*** Block opens ***

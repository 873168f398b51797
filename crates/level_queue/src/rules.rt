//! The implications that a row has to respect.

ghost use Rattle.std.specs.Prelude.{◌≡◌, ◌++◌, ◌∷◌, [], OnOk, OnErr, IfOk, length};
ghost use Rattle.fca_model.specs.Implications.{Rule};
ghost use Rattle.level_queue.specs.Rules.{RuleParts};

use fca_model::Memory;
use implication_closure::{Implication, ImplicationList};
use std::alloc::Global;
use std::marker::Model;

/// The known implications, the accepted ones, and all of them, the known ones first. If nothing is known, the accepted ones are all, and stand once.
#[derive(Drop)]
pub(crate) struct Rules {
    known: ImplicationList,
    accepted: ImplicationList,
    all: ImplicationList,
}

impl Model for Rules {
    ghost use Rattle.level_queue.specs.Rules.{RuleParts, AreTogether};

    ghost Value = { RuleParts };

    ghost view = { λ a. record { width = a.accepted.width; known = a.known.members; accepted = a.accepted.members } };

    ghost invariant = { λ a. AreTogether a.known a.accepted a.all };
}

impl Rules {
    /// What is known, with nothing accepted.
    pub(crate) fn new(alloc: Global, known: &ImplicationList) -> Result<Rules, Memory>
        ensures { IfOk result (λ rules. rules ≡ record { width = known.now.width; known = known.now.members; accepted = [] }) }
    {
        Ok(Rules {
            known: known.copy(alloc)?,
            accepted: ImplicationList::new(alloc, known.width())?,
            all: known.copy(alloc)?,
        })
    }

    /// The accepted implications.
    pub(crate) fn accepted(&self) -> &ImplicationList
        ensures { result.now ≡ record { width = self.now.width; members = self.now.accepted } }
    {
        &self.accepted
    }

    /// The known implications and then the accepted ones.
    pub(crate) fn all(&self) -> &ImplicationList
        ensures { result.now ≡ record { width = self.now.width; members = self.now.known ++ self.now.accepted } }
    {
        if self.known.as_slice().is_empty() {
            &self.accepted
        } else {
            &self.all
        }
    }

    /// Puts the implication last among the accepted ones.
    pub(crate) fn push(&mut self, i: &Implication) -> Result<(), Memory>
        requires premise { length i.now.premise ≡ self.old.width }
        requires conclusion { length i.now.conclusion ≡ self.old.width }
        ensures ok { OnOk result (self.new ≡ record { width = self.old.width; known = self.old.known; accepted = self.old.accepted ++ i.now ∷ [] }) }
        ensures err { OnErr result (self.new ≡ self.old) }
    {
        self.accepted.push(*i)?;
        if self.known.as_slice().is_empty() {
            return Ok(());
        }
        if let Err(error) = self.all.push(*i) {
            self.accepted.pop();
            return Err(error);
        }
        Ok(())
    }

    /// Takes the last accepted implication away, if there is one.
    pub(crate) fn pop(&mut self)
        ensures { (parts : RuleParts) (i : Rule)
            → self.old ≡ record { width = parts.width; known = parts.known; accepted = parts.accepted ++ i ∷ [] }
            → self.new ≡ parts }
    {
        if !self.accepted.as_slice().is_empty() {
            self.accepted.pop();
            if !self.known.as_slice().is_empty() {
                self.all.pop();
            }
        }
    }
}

*** Block closes ***
*** Block opens ***

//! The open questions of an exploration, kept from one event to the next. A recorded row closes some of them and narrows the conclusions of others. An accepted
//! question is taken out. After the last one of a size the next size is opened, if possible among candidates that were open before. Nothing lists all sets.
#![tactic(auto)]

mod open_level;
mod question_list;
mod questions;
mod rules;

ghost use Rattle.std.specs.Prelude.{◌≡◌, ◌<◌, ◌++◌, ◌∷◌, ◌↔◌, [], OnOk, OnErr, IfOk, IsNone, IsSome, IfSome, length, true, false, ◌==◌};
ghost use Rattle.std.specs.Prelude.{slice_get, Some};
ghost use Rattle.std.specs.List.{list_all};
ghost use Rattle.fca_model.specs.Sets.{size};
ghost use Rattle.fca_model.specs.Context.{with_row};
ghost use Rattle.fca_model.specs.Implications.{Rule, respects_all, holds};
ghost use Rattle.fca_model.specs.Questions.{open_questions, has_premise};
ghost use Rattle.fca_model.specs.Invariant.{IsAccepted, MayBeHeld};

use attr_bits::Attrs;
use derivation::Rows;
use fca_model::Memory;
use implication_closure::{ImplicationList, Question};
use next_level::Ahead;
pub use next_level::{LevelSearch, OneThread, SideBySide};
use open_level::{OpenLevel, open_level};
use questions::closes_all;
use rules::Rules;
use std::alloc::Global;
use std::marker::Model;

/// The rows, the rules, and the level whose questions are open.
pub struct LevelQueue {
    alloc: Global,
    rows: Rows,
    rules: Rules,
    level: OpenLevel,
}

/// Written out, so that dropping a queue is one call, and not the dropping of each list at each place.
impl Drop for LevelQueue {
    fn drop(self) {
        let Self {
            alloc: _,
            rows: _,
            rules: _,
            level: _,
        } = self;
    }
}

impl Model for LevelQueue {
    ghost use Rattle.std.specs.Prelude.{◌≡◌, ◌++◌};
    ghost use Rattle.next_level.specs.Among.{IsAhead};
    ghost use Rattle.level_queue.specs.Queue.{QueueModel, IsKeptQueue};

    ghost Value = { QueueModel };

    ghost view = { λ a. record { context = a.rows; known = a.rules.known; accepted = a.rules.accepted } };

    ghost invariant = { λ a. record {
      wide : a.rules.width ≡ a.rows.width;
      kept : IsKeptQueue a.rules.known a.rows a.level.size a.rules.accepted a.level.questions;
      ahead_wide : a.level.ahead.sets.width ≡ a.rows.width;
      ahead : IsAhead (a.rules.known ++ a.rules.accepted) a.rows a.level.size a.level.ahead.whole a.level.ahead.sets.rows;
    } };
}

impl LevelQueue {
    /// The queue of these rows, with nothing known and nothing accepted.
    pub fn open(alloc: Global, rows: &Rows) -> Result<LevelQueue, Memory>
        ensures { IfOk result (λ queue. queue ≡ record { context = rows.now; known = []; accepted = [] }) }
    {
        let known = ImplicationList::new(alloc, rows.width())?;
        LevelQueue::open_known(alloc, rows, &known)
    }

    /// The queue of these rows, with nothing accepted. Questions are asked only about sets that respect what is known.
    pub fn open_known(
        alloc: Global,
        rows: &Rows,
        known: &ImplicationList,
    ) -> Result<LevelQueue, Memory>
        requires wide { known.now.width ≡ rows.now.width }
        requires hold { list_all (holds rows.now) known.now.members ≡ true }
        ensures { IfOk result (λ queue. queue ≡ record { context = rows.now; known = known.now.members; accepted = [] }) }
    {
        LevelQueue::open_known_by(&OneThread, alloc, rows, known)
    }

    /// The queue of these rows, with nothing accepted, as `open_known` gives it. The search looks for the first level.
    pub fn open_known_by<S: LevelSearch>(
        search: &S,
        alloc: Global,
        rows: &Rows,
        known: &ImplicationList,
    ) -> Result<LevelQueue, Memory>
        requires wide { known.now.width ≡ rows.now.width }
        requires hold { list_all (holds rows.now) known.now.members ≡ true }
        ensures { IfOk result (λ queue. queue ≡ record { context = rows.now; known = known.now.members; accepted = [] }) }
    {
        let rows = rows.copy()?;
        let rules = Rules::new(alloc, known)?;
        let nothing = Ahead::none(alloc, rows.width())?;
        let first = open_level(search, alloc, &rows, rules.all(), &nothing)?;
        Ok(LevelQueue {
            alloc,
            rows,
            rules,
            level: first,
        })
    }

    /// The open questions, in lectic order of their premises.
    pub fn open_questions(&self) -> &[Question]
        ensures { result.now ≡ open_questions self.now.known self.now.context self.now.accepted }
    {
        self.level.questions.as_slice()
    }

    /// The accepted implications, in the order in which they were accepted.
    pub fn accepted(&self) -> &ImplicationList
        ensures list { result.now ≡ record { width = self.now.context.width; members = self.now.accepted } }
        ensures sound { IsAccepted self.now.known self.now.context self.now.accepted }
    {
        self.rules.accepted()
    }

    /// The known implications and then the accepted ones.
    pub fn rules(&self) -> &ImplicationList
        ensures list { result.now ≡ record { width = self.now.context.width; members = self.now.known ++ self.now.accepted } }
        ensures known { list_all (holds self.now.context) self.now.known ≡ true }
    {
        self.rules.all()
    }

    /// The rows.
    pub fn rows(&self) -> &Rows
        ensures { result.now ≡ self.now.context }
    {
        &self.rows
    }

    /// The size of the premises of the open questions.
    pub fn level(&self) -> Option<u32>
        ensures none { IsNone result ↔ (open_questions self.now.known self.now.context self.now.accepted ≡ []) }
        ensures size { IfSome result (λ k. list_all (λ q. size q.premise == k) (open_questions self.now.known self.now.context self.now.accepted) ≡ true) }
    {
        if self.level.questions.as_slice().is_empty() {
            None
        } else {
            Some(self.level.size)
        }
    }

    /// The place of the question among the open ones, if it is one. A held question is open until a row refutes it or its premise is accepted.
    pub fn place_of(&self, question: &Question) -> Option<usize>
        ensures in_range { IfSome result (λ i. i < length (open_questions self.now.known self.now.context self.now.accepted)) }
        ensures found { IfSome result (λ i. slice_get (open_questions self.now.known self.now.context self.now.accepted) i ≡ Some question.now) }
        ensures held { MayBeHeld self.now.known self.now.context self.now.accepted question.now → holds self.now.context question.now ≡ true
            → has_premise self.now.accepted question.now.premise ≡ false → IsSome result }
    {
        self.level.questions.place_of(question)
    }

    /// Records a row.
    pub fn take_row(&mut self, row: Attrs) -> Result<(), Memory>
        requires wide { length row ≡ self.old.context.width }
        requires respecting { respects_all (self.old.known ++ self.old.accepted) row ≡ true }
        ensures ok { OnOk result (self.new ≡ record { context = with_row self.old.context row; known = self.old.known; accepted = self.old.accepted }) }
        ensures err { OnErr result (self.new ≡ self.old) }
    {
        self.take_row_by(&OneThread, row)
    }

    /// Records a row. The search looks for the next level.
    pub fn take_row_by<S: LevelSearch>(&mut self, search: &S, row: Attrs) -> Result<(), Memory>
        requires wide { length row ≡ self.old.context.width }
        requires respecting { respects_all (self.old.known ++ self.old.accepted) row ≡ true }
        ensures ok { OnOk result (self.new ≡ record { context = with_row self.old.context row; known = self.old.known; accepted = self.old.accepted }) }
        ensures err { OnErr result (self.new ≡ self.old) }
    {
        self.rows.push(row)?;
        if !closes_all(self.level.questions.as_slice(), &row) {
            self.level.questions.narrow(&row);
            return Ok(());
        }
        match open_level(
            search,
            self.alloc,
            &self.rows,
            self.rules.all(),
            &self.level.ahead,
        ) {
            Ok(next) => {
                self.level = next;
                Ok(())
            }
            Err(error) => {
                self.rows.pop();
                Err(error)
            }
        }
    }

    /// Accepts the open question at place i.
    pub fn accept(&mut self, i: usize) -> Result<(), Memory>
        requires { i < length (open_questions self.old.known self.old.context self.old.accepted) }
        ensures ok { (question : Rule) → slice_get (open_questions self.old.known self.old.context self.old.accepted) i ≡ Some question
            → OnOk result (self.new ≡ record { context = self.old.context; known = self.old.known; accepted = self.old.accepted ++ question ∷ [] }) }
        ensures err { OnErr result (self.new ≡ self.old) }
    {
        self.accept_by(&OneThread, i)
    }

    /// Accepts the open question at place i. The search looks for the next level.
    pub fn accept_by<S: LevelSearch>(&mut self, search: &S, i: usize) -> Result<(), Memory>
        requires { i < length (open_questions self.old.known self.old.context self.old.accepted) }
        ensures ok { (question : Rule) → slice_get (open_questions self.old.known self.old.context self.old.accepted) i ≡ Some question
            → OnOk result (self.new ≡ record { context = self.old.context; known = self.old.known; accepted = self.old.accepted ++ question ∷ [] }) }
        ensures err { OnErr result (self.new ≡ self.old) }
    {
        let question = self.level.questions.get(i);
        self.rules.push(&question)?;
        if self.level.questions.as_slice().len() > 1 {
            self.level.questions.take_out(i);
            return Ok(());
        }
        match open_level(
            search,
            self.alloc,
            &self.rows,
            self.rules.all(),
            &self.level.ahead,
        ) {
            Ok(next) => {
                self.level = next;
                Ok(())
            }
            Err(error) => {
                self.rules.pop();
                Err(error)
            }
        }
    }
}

*** Block closes ***

■ What the task requires ■
Look over the records above and filter for each line with the word "Memory".

■ Answer section ■
use fca_model::Memory;
    pub(crate) fn new(alloc: Global, known: &ImplicationList) -> Result<Rules, Memory>
    pub(crate) fn push(&mut self, i: &Implication) -> Result<(), Memory>
use fca_model::Memory;
    pub fn open(alloc: Global, rows: &Rows) -> Result<LevelQueue, Memory>
    ) -> Result<LevelQueue, Memory>
    ) -> Result<LevelQueue, Memory>
    pub fn take_row(&mut self, row: Attrs) -> Result<(), Memory>
    pub fn take_row_by<S: LevelSearch>(&mut self, search: &S, row: Attrs) -> Result<(), Memory>
    pub fn accept(&mut self, i: usize) -> Result<(), Memory>
    pub fn accept_by<S: LevelSearch>(&mut self, search: &S, i: usize) -> Result<(), Memory>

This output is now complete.